▶ **MATERIALS PROVIDED**
....
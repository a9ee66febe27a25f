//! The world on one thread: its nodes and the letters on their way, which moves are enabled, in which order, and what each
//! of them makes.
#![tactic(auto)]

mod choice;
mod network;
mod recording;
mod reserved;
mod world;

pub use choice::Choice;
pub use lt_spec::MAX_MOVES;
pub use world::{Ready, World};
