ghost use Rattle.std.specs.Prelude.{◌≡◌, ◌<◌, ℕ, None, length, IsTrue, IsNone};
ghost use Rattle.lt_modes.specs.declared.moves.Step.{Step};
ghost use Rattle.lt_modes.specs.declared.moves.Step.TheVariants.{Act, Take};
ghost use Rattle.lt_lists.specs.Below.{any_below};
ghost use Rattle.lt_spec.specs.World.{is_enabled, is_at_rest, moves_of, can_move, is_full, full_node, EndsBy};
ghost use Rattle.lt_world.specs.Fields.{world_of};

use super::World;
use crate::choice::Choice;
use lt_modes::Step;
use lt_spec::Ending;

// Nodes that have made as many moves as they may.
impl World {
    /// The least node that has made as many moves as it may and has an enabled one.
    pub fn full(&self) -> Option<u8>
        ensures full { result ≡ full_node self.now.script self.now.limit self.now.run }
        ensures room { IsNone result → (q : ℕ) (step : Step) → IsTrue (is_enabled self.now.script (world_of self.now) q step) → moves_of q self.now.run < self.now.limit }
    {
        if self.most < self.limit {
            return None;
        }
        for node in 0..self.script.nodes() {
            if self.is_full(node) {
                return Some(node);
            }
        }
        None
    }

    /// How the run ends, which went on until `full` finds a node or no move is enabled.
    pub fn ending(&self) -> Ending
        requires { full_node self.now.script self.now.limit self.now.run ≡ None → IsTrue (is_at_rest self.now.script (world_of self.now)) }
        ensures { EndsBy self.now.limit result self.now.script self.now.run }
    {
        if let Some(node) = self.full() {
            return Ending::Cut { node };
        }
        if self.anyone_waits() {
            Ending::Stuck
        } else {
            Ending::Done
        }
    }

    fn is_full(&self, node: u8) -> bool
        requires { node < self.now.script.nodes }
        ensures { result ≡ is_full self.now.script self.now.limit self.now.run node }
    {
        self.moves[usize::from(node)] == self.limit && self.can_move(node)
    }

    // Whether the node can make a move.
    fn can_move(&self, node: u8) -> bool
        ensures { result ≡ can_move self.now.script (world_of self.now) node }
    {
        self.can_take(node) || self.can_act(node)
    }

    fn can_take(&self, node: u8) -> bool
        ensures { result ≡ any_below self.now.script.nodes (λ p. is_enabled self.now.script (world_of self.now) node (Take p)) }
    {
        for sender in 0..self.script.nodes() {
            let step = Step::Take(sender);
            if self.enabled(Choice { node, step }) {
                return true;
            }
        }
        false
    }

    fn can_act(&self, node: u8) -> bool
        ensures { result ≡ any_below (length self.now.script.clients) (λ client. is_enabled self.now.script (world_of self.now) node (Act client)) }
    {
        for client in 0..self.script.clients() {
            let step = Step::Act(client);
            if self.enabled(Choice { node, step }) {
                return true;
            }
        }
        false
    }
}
....
▶ **THE TASK**
Retype the data in full, and keep every line identical to the original.

▶ **TASK ANSWER**
repository a9ee66febe27a25f
//! The world on one thread: its nodes and the letters on their way, which moves are enabled, in which order, and what each
//! of them makes.
#![tactic(auto)]

mod choice;
mod network;
mod recording;
mod reserved;
mod world;

pub use choice::Choice;
pub use lt_spec::MAX_MOVES;
pub use world::{Ready, World};
ghost use Rattle.std.specs.Prelude.{◌≡◌, ◌<◌, ℕ, None, length, IsTrue, IsNone};
ghost use Rattle.lt_modes.specs.declared.moves.Step.{Step};
ghost use Rattle.lt_modes.specs.declared.moves.Step.TheVariants.{Act, Take};
ghost use Rattle.lt_lists.specs.Below.{any_below};
ghost use Rattle.lt_spec.specs.World.{is_enabled, is_at_rest, moves_of, can_move, is_full, full_node, EndsBy};
ghost use Rattle.lt_world.specs.Fields.{world_of};

use super::World;
use crate::choice::Choice;
use lt_modes::Step;
use lt_spec::Ending;

// Nodes that have made as many moves as they may.
impl World {
    /// The least node that has made as many moves as it may and has an enabled one.
    pub fn full(&self) -> Option<u8>
        ensures full { result ≡ full_node self.now.script self.now.limit self.now.run }
        ensures room { IsNone result → (q : ℕ) (step : Step) → IsTrue (is_enabled self.now.script (world_of self.now) q step) → moves_of q self.now.run < self.now.limit }
    {
        if self.most < self.limit {
            return None;
        }
        for node in 0..self.script.nodes() {
            if self.is_full(node) {
                return Some(node);
            }
        }
        None
    }

    /// How the run ends, which went on until `full` finds a node or no move is enabled.
    pub fn ending(&self) -> Ending
        requires { full_node self.now.script self.now.limit self.now.run ≡ None → IsTrue (is_at_rest self.now.script (world_of self.now)) }
        ensures { EndsBy self.now.limit result self.now.script self.now.run }
    {
        if let Some(node) = self.full() {
            return Ending::Cut { node };
        }
        if self.anyone_waits() {
            Ending::Stuck
        } else {
            Ending::Done
        }
    }

    fn is_full(&self, node: u8) -> bool
        requires { node < self.now.script.nodes }
        ensures { result ≡ is_full self.now.script self.now.limit self.now.run node }
    {
        self.moves[usize::from(node)] == self.limit && self.can_move(node)
    }

    // Whether the node can make a move.
    fn can_move(&self, node: u8) -> bool
        ensures { result ≡ can_move self.now.script (world_of self.now) node }
    {
        self.can_take(node) || self.can_act(node)
    }

    fn can_take(&self, node: u8) -> bool
        ensures { result ≡ any_below self.now.script.nodes (λ p. is_enabled self.now.script (world_of self.now) node (Take p)) }
    {
        for sender in 0..self.script.nodes() {
            let step = Step::Take(sender);
            if self.enabled(Choice { node, step }) {
                return true;
            }
        }
        false
    }

    fn can_act(&self, node: u8) -> bool
        ensures { result ≡ any_below (length self.now.script.clients) (λ client. is_enabled self.now.script (world_of self.now) node (Act client)) }
    {
        for client in 0..self.script.clients() {
            let step = Step::Act(client);
            if self.enabled(Choice { node, step }) {
                return true;
            }
        }
        false
    }
}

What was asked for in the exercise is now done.